First kids counted each item (green numbers). Then kids recognized that two halves made a whole and so they counted the number of wholes (red numbers over the image). I remember discussing "what do we call this?" since it wasn't an object we recognized (lime? grape fruit?) but it was important to differentiate between the 8 and the 16. We decided it was definitely a fruit and so we were able to apply that word - language in math class! Then someone (probably me since it was the beginning of the year but not necessarily) pointed out that there were four rows and four columns. One of my students would consistently yell out "array!" when we were discussing rows and columns, I love that he had that word in his vocabulary. We connected counting pieces one by one to multiplying rows by columns. Importantly, I did not belittle anyone for counting one by one. I was happy to hear any and all quantities and strategies. Early in the year I did not get as many contributions, but as students felt more comfortable they stopped complaining and started getting creative.

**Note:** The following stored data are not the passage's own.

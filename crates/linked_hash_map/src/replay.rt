//! Runs of commands, and the theorem about them.
//!
//! After any run the map has exactly the pairs that the log of the answers' effects defines, as in
//! `specs/Log.antt`; `specs/AllowedAnswers.antt` has the effects and the allowed answers.
//!
//! # Examples
//!
//! ```rust
//! use linked_hash_map::LinkedHashMap;
//! use linked_hash_map::replay::{Answer, Command, Reply, replay};
//!
//! let mut map = LinkedHashMap::new(rt.alloc());
//! let commands = Vec::from_array(rt.alloc(), [Command::Insert('x', 1), Command::PopFront])?;
//! let replies = replay(&mut map, commands)?;
//! let inserted = Reply { answer: Answer::New, len: 1, capacity: 1 };
//! let popped = Reply { answer: Answer::Pair('x', 1), len: 0, capacity: 1 };
//! assert_eq!(rt; replies.as_slice(), [inserted, popped].as_slice());
//! assert_eq!(rt; (map.len(), map.capacity()), (0, 1));
//! ```
ghost use Rattle.std.specs.Prelude.{◌≡◌, ℕ, [], length, IfOk, IfErr, OnErr, IsOk};
ghost use Rattle.linked_hash_map.specs.Log.{Log, mode, pairs, high, Defines};
ghost use Rattle.linked_hash_map.specs.Validity.{IsValid};
ghost use Rattle.linked_hash_map.specs.AllowedAnswers.{log_after};
ghost use Rattle.linked_hash_map.specs.Run.{first_log, last_log, MayEndVisit, Serves, IsReply, IsRun, Replayed};
ghost use Rattle.linked_hash_map.specs.Rehashes.{rechained_after, rechained_after_all};

use crate::entry::Entry;
use crate::error::{NoRoom, ReserveError};
use crate::map::{LinkedHashMap, Mode};
use std::hash::{BuildHasher, Hash};
use std::mem;

mod pair_list;

pub use pair_list::PairList;

/// A command to a map. Each variant names its call, whose cost it has, and its answers.
#[derive(Debug, PartialEq, Drop)]
pub enum Command<K, V> {
    /// `insert`: `New`, `Old` or `Refused`.
    Insert(K, V),
    /// Replaces a value through `get_mut`: `Old` or `Absent`.
    Write(K, V),
    /// `get_refresh`: `Found` or `Missing`.
    Refresh(K),
    /// `remove`: `Old` or `Missing`.
    Remove(K),
    /// `pop_front`: `Pair` or `Empty`.
    PopFront,
    /// `pop_back`: `Pair` or `Empty`.
    PopBack,
    /// `clear`: `Done`.
    Clear,
    /// `drain`: `Pairs`, or `NoRoom` if their list cannot be allocated.
    Drain,
    /// `insert` of each pair, up to the first refused: `Done` or `Stopped`.
    Extend(PairList<K, V>),
    /// `or_insert`: `New`, `Found` or `Refused`.
    OrInsert(K, V),
    /// `insert` of either kind of entry: `New`, `Old` or `Refused`.
    EntryInsert(K, V),
    /// `OccupiedEntry::remove`: `Old` or `Missing`.
    EntryRemove(K),
    /// `reserve`: `Done`, `TooLarge` or `NoRoom`.
    Reserve(usize),
    /// `shrink_to_fit`: `Done` or `NoRoom`.
    Shrink,
    /// `set_mode`: `Done`.
    SetMode(Mode),
}

/// The answer to a command. A failed command changes nothing, but a `Stopped` one keeps the pairs
/// inserted.
#[derive(Debug, PartialEq, Drop)]
pub enum Answer<K, V> {
    /// The key was absent, and its pair was inserted.
    New,
    /// The key was present, with this value.
    Old(V),
    /// The key was present.
    Found,
    /// The key is absent.
    Missing,
    /// The key is absent, and this was to be written.
    Absent(K, V),
    /// The key is absent, and this pair was refused.
    Refused(K, V),
    /// The pair removed, with its stored key.
    Pair(K, V),
    /// The map is empty.
    Empty,
    /// The pairs removed, front to back.
    Pairs(PairList<K, V>),
    /// How many pairs were inserted, and the one refused. Later pairs are dropped.
    Stopped(usize, K, V),
    /// The command was run.
    Done,
    /// The capacity would be above `LIMIT`.
    TooLarge,
    /// An allocation failed.
    NoRoom,
}

/// An answer, and the length and the capacity after it.
#[derive(Debug, PartialEq, Drop)]
pub struct Reply<K, V> {
    /// The answer.
    pub answer: Answer<K, V>,
    /// The number of pairs after the command.
    pub len: usize,
    /// The capacity after the command.
    pub capacity: usize,
}

// Each of these functions runs the command of its name.

fn insert<K: Eq + Hash + Drop, V: Drop, S: BuildHasher>(
    map: &mut LinkedHashMap<K, V, S>,
    key: K,
    value: V,
) -> Answer<K, V>
    ensures { Serves K.eq map.old map.new (Command.Insert key value) result }
{
    match map.insert(key, value) {
        Ok(None) => Answer::New,
        Ok(Some(old)) => Answer::Old(old),
        Err(refused) => Answer::Refused(refused.key, refused.value),
    }
}

fn write<K: Eq + Hash + Drop, V: Drop, S: BuildHasher>(
    map: &mut LinkedHashMap<K, V, S>,
    key: K,
    value: V,
) -> Answer<K, V>
    ensures { Serves K.eq map.old map.new (Command.Write key value) result }
{
    match map.get_mut(&key) {
        Some(old) => Answer::Old(mem::replace(old, value)),
        None => Answer::Absent(key, value),
    }
}

fn refresh<K: Eq + Hash + Drop, V: Drop, S: BuildHasher>(
    map: &mut LinkedHashMap<K, V, S>,
    key: K,
) -> Answer<K, V>
    ensures { Serves K.eq map.old map.new (Command.Refresh key) result }
{
    match map.get_refresh(&key) {
        Some(_) => Answer::Found,
        None => Answer::Missing,
    }
}

fn remove<K: Eq + Hash + Drop, V: Drop, S: BuildHasher>(
    map: &mut LinkedHashMap<K, V, S>,
    key: K,
) -> Answer<K, V>
    ensures { Serves K.eq map.old map.new (Command.Remove key) result }
{
    match map.remove(&key) {
        Some(old) => Answer::Old(old),
        None => Answer::Missing,
    }
}

fn pop_front<K: Eq + Hash + Drop, V: Drop, S: BuildHasher>(
    map: &mut LinkedHashMap<K, V, S>,
) -> Answer<K, V>
    ensures { Serves K.eq map.old map.new Command.PopFront result }
{
    match map.pop_front() {
        Some((key, value)) => Answer::Pair(key, value),
        None => Answer::Empty,
    }
}

fn pop_back<K: Eq + Hash + Drop, V: Drop, S: BuildHasher>(
    map: &mut LinkedHashMap<K, V, S>,
) -> Answer<K, V>
    ensures { Serves K.eq map.old map.new Command.PopBack result }
{
    match map.pop_back() {
        Some((key, value)) => Answer::Pair(key, value),
        None => Answer::Empty,
    }
}

fn clear<K: Eq + Hash + Drop, V: Drop, S: BuildHasher>(
    map: &mut LinkedHashMap<K, V, S>,
) -> Answer<K, V>
    ensures { Serves K.eq map.old map.new Command.Clear result }
{
    map.clear();
    Answer::Done
}

fn drain<K: Eq + Hash + Drop, V: Drop, S: BuildHasher>(
    map: &mut LinkedHashMap<K, V, S>,
) -> Answer<K, V>
    ensures { Serves K.eq map.old map.new Command.Drain result }
{
    let Ok(mut pairs) = Vec::with_capacity(map.allocator(), map.len()) else {
        return Answer::NoRoom;
    };
    for pair in map.drain() {
        pairs.push_reserved(pair);
    }
    Answer::Pairs(PairList::from_vec(pairs))
}

fn extend<K: Eq + Hash + Drop, V: Drop, S: BuildHasher>(
    map: &mut LinkedHashMap<K, V, S>,
    pairs: PairList<K, V>,
) -> Answer<K, V>
    ensures { Serves K.eq map.old map.new (Command.Extend pairs) result }
{
    let mut inserted = 0;
    for (key, value) in pairs.into_vec() {
        match map.insert(key, value) {
            Ok(old) => {
                drop(old);
                inserted += 1;
            }
            Err(refused) => return Answer::Stopped(inserted, refused.key, refused.value),
        }
    }
    Answer::Done
}

fn or_insert<K: Eq + Hash + Drop, V: Drop, S: BuildHasher>(
    map: &mut LinkedHashMap<K, V, S>,
    key: K,
    value: V,
) -> Answer<K, V>
    ensures { Serves K.eq map.old map.new (Command.OrInsert key value) result }
{
    let entry = map.entry(key);
    let present = matches!(&entry, Entry::Occupied(_));
    match entry.or_insert(value) {
        Ok(_lent) => { if present { Answer::Found } else { Answer::New } }
        Err(refused) => Answer::Refused(refused.key, refused.value),
    }
}

fn entry_insert<K: Eq + Hash + Drop, V: Drop, S: BuildHasher>(
    map: &mut LinkedHashMap<K, V, S>,
    key: K,
    value: V,
) -> Answer<K, V>
    ensures { Serves K.eq map.old map.new (Command.EntryInsert key value) result }
{
    match map.entry(key) {
        Entry::Occupied(mut entry) => Answer::Old(entry.insert(value)),
        Entry::Vacant(entry) => match entry.insert(value) {
            Ok(_lent) => Answer::New,
            Err(refused) => Answer::Refused(refused.key, refused.value),
        },
    }
}

fn entry_remove<K: Eq + Hash + Drop, V: Drop, S: BuildHasher>(
    map: &mut LinkedHashMap<K, V, S>,
    key: K,
) -> Answer<K, V>
    ensures { Serves K.eq map.old map.new (Command.EntryRemove key) result }
{
    match map.entry(key) {
        Entry::Occupied(entry) => Answer::Old(entry.remove()),
        Entry::Vacant(_entry) => Answer::Missing,
    }
}

fn reserve<K: Eq + Hash + Drop, V: Drop, S: BuildHasher>(
    map: &mut LinkedHashMap<K, V, S>,
    additional: usize,
) -> Answer<K, V>
    ensures { Serves K.eq map.old map.new (Command.Reserve additional) result }
{
    match map.reserve(additional) {
        Ok(()) => Answer::Done,
        Err(ReserveError::TooLarge) => Answer::TooLarge,
        Err(ReserveError::NoRoom) => Answer::NoRoom,
    }
}

fn shrink<K: Eq + Hash + Drop, V: Drop, S: BuildHasher>(
    map: &mut LinkedHashMap<K, V, S>,
) -> Answer<K, V>
    ensures { Serves K.eq map.old map.new Command.Shrink result }
{
    match map.shrink_to_fit() {
        Ok(()) => Answer::Done,
        Err(NoRoom) => Answer::NoRoom,
    }
}

fn set_mode<K: Eq + Hash + Drop, V: Drop, S: BuildHasher>(
    map: &mut LinkedHashMap<K, V, S>,
    mode: Mode,
) -> Answer<K, V>
    ensures { Serves K.eq map.old map.new (Command.SetMode mode) result }
{
    map.set_mode(mode);
    Answer::Done
}

/// Runs one command and returns its answer.
fn answer_to<K: Eq + Hash + Drop, V: Drop, S: BuildHasher>(
    map: &mut LinkedHashMap<K, V, S>,
    command: Command<K, V>,
) -> Answer<K, V>
    ensures { Serves K.eq map.old map.new command result }
{
    match command {
        Command::Insert(key, value) => insert(map, key, value),
        Command::Write(key, value) => write(map, key, value),
        Command::Refresh(key) => refresh(map, key),
        Command::Remove(key) => remove(map, key),
        Command::PopFront => pop_front(map),
        Command::PopBack => pop_back(map),
        Command::Clear => clear(map),
        Command::Drain => drain(map),
        Command::Extend(pairs) => extend(map, pairs),
        Command::OrInsert(key, value) => or_insert(map, key, value),
        Command::EntryInsert(key, value) => entry_insert(map, key, value),
        Command::EntryRemove(key) => entry_remove(map, key),
        Command::Reserve(additional) => reserve(map, additional),
        Command::Shrink => shrink(map),
        Command::SetMode(mode) => set_mode(map, mode),
    }
}

/// Runs one command and returns its reply.
fn reply_to<K: Eq + Hash + Drop, V: Drop, S: BuildHasher>(
    map: &mut LinkedHashMap<K, V, S>,
    command: Command<K, V>,
) -> Reply<K, V>
    ensures reply { (start : ℕ) (log : Log K V)
        → Defines K.eq start log map.old.pairs map.old.capacity map.old.mode
        → IsReply K.eq start log command result }
    ensures defines { (start : ℕ) (log : Log K V)
        → Defines K.eq start log map.old.pairs map.old.capacity map.old.mode
        → Defines K.eq start (log_after K.eq log command result.answer) map.new.pairs
        map.new.capacity map.new.mode }
    ensures hasher { map.new.hasher ≡ map.old.hasher }
    ensures rechained { map.new.rechained ≡ rechained_after command map.old.rechained
        (length map.old.pairs) map.old.capacity result.capacity }
    ensures len { result.len ≡ length map.new.pairs }
    ensures capacity { result.capacity ≡ map.new.capacity }
    ensures visit { MayEndVisit map.old map.new }
    ensures stays_valid { IsValid K.eq map.new }
{
    let answer = answer_to(map, command);
    Reply {
        answer,
        len: map.len(),
        capacity: map.capacity(),
    }
}

/// Runs the commands in order and returns one reply for each, at the cost of its call, hashing each
/// of its keys once. A refusal does not stop the run. A visit stays as it was, or ends.
///
/// The replies are allocated first: if that fails, the error is the commands, and none is run. An
/// empty list is never refused.
pub fn replay<K: Eq + Hash + Drop, V: Drop, S: BuildHasher>(
    map: &mut LinkedHashMap<K, V, S>,
    commands: Vec<Command<K, V>>,
) -> Result<Vec<Reply<K, V>>, Vec<Command<K, V>>>
    // One reply for each command, by the log that those before it left.
    ensures run { IfOk result (λ replies.
        IsRun K.eq map.old.capacity (first_log map.old.mode map.old.pairs)
        commands.items replies.items) }

    // The map at the end, by the last log.
    ensures pairs { IfOk result (λ replies.
        let last = last_log K.eq (first_log map.old.mode map.old.pairs)
        commands.items replies.items in
        map.new.pairs ≡ pairs K.eq last) }
    ensures capacity { IfOk result (λ replies.
        let last = last_log K.eq (first_log map.old.mode map.old.pairs)
        commands.items replies.items in
        map.new.capacity ≡ high K.eq map.old.capacity last) }
    ensures mode { IfOk result (λ replies.
        let last = last_log K.eq (first_log map.old.mode map.old.pairs)
        commands.items replies.items in
        map.new.mode ≡ mode last) }
    ensures hasher { map.new.hasher ≡ map.old.hasher }
    // The nodes that rehashes have moved, by the lengths and capacities of the replies.
    ensures rechained { IfOk result (λ replies. map.new.rechained
        ≡ rechained_after_all map.old.rechained (length map.old.pairs) map.old.capacity
        commands.items replies.items) }
    // A visit has ended, or the pairs that were left to visit are left.
    ensures visit { MayEndVisit map.old map.new }
    ensures valid { IsValid K.eq map.old }
    ensures stays_valid { IsValid K.eq map.new }
    // The clauses `run`, `pairs`, `capacity` and `mode` in one, for the proofs of callers.
    ensures replayed { IfOk result (λ replies.
        Replayed K.eq map.old commands.items replies.items map.new) }

    ensures handed_back { IfErr result (λ refused. refused ≡ commands) }
    ensures unchanged { OnErr result (map.new ≡ map.old) }
    ensures no_commands { commands.items ≡ [] → IsOk result }
{
    let Ok(mut replies) = Vec::with_capacity(map.allocator(), commands.len()) else {
        return Err(commands);
    };
    for command in commands {
        replies.push_reserved(reply_to(map, command));
    }
    Ok(replies)
}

Just last month we did another image of sliced fruit:

The list on the right is the initial brainstorm (the class is down to six students so one idea from each of them). Then we wanted to get more specific - how big are those two slices? It was an incredibly happy coincidence that we were practicing exponential functions that day, I couldn't have planned that better if I tried! If I hadn't been so focused on the fractions I'm sure they would have added "two seeds" and "one brown background" to their list. Naming the background became the default if someone had already said what they wanted to share. I love that this activity encouraged them to think creatively and pay attention to details.

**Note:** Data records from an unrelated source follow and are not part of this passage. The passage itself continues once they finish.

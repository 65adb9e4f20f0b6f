//! The errors of a set, and what they are turned into.

use super::call::Call;
use super::refused_texts::{show_no_room, show_reserve_errors};
use linked_hash_set::Refused;
use std::alloc::AllocError;
use std::io;

/// Appends the text of an error of an item, and what it is turned into.
fn show_refused(call: &Call) {
    let first = Refused { item: call.key() };
    let second = Refused {
        item: first.item.again(),
    };
    let third = Refused {
        item: first.item.again(),
    };
    call.show_text(&first);
    call.begin();
    call.show(&io::Error::from(second).kind());
    call.begin();
    call.show(&AllocError::from(third));
}

/// Appends the texts of all errors, and what they are turned into.
pub fn show_all(call: &Call) {
    show_refused(call);
    show_no_room(call);
    show_reserve_errors(call);
}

One day in December we had a particularly vocabulary-rich discussion:

Not everyone agreed when we got the first round of ideas, but I wrote them all down anyway. After gathering ideas without comment, we began our discussion. In addition to a discussion of the differences between a square and a rhombus, someone also coined the term semi-octagon! I was so excited to see kids who generally lack confidence in math and language to be creating their own math vocabulary. Also? Their definition of diamond is the basic pentagon tile because it looks like a cut gemstone diamond. No one called the rotated square a diamond!

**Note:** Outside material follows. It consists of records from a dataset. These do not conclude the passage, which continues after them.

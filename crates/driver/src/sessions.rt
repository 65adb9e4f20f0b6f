//! Calls of a table of sessions.

use super::call::Call;
use super::list::{Digest, SHOWN, list};
use super::lookups::write_lent;
use super::refusal::Refusal;
use super::retaining::{Calls, keep_and_increase};
use super::stop::Stop;
use super::value::Value;
use linked_hash_map::sessions::{Put, PutRefused, Sessions};
use std::alloc::Global;
use std::cell::Cell;

/// The tables that the lines speak of.
pub type Table = Sessions<Value>;

/// Says which of the two reasons it is, and the payload.
impl Refusal for PutRefused<Value> {
    fn show(&self, call: &Call) {
        call.push_str("refused ");
        call.show(&self.reason);
        call.show_numbered(&self.payload, self.payload.serial());
    }
}

/// Appends a session that went.
fn show_gone(session: &(u64, u64, Value), call: &Call) {
    call.show_session(("", " "), session.0, session.1, &session.2);
}

/// Appends the first session that went, the last and a digest.
fn show_ends(sessions: &[(u64, u64, Value)], call: &Call) {
    if let Some(first) = sessions.first() {
        show_gone(first, call);
    }
    if let Some(last) = sessions.last() {
        show_gone(last, call);
    }
    let mut digest = Digest::default();
    for session in sessions {
        digest.add(&(session.0, session.1, &session.2));
    }
    call.show(&digest.sum);
}

/// Appends the sessions that went in order, or if they are many, the ends.
fn show_all_gone(sessions: &[(u64, u64, Value)], call: &Call) {
    if sessions.len() > SHOWN {
        return show_ends(sessions, call);
    }
    for session in sessions {
        show_gone(session, call);
    }
}

/// Appends what a put returned: the old payload, and those that went.
fn show_put(put: Put<Value>, call: &Call) {
    call.show(&put.old);
    call.push_str("gone ");
    call.show_size(put.gone.len(), put.gone.capacity());
    show_all_gone(put.gone.as_slice(), call);
}

fn put(table: &mut Table, call: &Call) {
    let (id, weight) = (call.number(), call.number());
    match table.put(id, weight, call.value()) {
        Ok(put) => show_put(put, call),
        Err(refused) => call.show_refused(refused),
    }
}

/// The sessions that a put hands out, kept in a vector with room.
#[derive(Drop)]
struct Handed {
    sessions: Cell<Vec<(u64, u64, Value)>>,
    alloc: Global,
}

impl Handed {
    /// Adds one.
    fn add(&self, id: u64, weight: u64, payload: Value) {
        let mut sessions = self.sessions.replace(Vec::new(self.alloc));
        let _ = sessions.push((id, weight, payload));
        self.sessions.set(sessions);
    }

    /// Takes them all.
    fn take(&self) -> Vec<(u64, u64, Value)> {
        self.sessions.replace(Vec::new(self.alloc))
    }
}

/// Puts a session, and hands those that go to a closure.
fn put_into(
    table: &mut Table,
    call: &Call,
    handed: &Handed,
) -> Result<Option<Value>, PutRefused<Value>> {
    let (id, weight) = (call.number(), call.number());
    let payload = call.value();
    let guard = call.guard();
    call.begin();
    let returned = table.put_with(id, weight, payload, move |id, weight, payload| {
        guard.hold();
        handed.add(id, weight, payload);
    });
    call.end();
    returned
}

/// Appends what a put returned: the old payload, and those that were handed out.
fn show_handed(old: Option<Value>, handed: &Handed, call: &Call) {
    call.show(&old);
    call.push_str("handed ");
    let sessions = handed.take();
    show_all_gone(sessions.as_slice(), call);
}

fn put_with(table: &mut Table, call: &Call) {
    call.end();
    let Ok(sessions) = Vec::with_capacity(call.alloc, table.len()) else {
        return call.note(Err::<(), _>(Stop::OutOfMemory));
    };
    let handed = Handed {
        sessions: Cell::new(sessions),
        alloc: call.alloc,
    };
    match put_into(table, call, &handed) {
        Ok(old) => show_handed(old, &handed, call),
        Err(refused) => call.show_refused(refused),
    }
    drop(handed);
}

/// Keeps the payloads that are not a number modulo 7, and adds the number of the call to each.
fn retain(table: &mut Table, call: &Call) {
    let number = call.number();
    let guard = call.guard();
    let calls = Calls::new(call.counts());
    let noted = &calls;
    table.retain(move |_id, _weight, payload| {
        guard.hold();
        keep_and_increase(payload, number, noted.note())
    });
    calls.show(call);
}

/// Puts the ids below a count, each in a window, until one is refused.
fn fill(table: &mut Table, call: &Call) {
    let (count, weight) = (call.number(), call.number());
    for number in 0..count {
        let payload = Value::new(number, call.counts());
        call.begin();
        if !call.is_given(table.put(number, weight, payload)) {
            return call.show_refused_number(number);
        }
    }
    call.show(&count);
}

/// Makes a step for each letter, and appends what each gives and how much is left. Each step is
/// within a window.
fn iterate(table: &Table, steps: &str, call: &Call) {
    let mut sessions = table.iter();
    for _letter in steps.bytes() {
        call.begin();
        call.show(&sessions.next());
        call.show_two(&sessions.size_hint(), &sessions.len());
    }
    call.drop_within(sessions);
}

/// Runs the call of a line, and returns whether there is one.
fn run_call(call: &Call, table: &mut Table) -> bool {
    match call.name() {
        "put" => put(table, call),
        "put_with" => put_with(table, call),
        "touch" => call.show(&table.touch(call.number())),
        "touch_mut" => write_lent(table.touch(call.number()), call.value(), call),
        "remove" => call.show(&table.remove(call.number())),
        "retain" => retain(table, call),
        "reserve" => call.show_refusal(table.reserve(call.size())),
        "capacity" => call.show(&table.capacity()),
        "total" => call.show(&table.total()),
        "limit" => call.show(&table.limit()),
        "len" => call.show(&table.len()),
        "iter" => iterate(table, call.word(), call),
        "fill" => fill(table, call),
        "new" => call.replace(table, Table::new(call.alloc, call.number())),
        "with_capacity" => {
            let (limit, capacity) = (call.number(), call.size());
            call.store(table, Table::with_capacity(call.alloc, limit, capacity));
        }
        "drop" => call.drop_and_replace(table, Table::new(call.alloc, 0)),
        _ => return false,
    }
    true
}

/// Runs the call of a line, appends what it returns, the total and the list, and returns whether
/// there is such a call.
pub fn run(call: &Call, table: &mut Table) -> bool {
    let is_known = run_call(call, table);
    if is_known {
        call.push_str("| ");
        call.show(&table.total());
        call.push_str("|");
        list(table.len(), table.iter(), call);
    }
    is_known
}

I really enjoyed doing this activity every other day. Students had three minutes from the time the bell rang to record everything they noticed. I asked each student to contribute one answer to the question "How many?" before I allowed any students to contribute additional quantities or comment on the other answers. I had fun choosing photos from this number talk site, things I'd seen on twitter (#howmany or #unitchat) and even photos I took myself. All the images I used this year are in a dropbox folder. I look forward to playing again next year. Perhaps I will encourage them to bring in photos or we will go on a photo scavenger hunt someday together!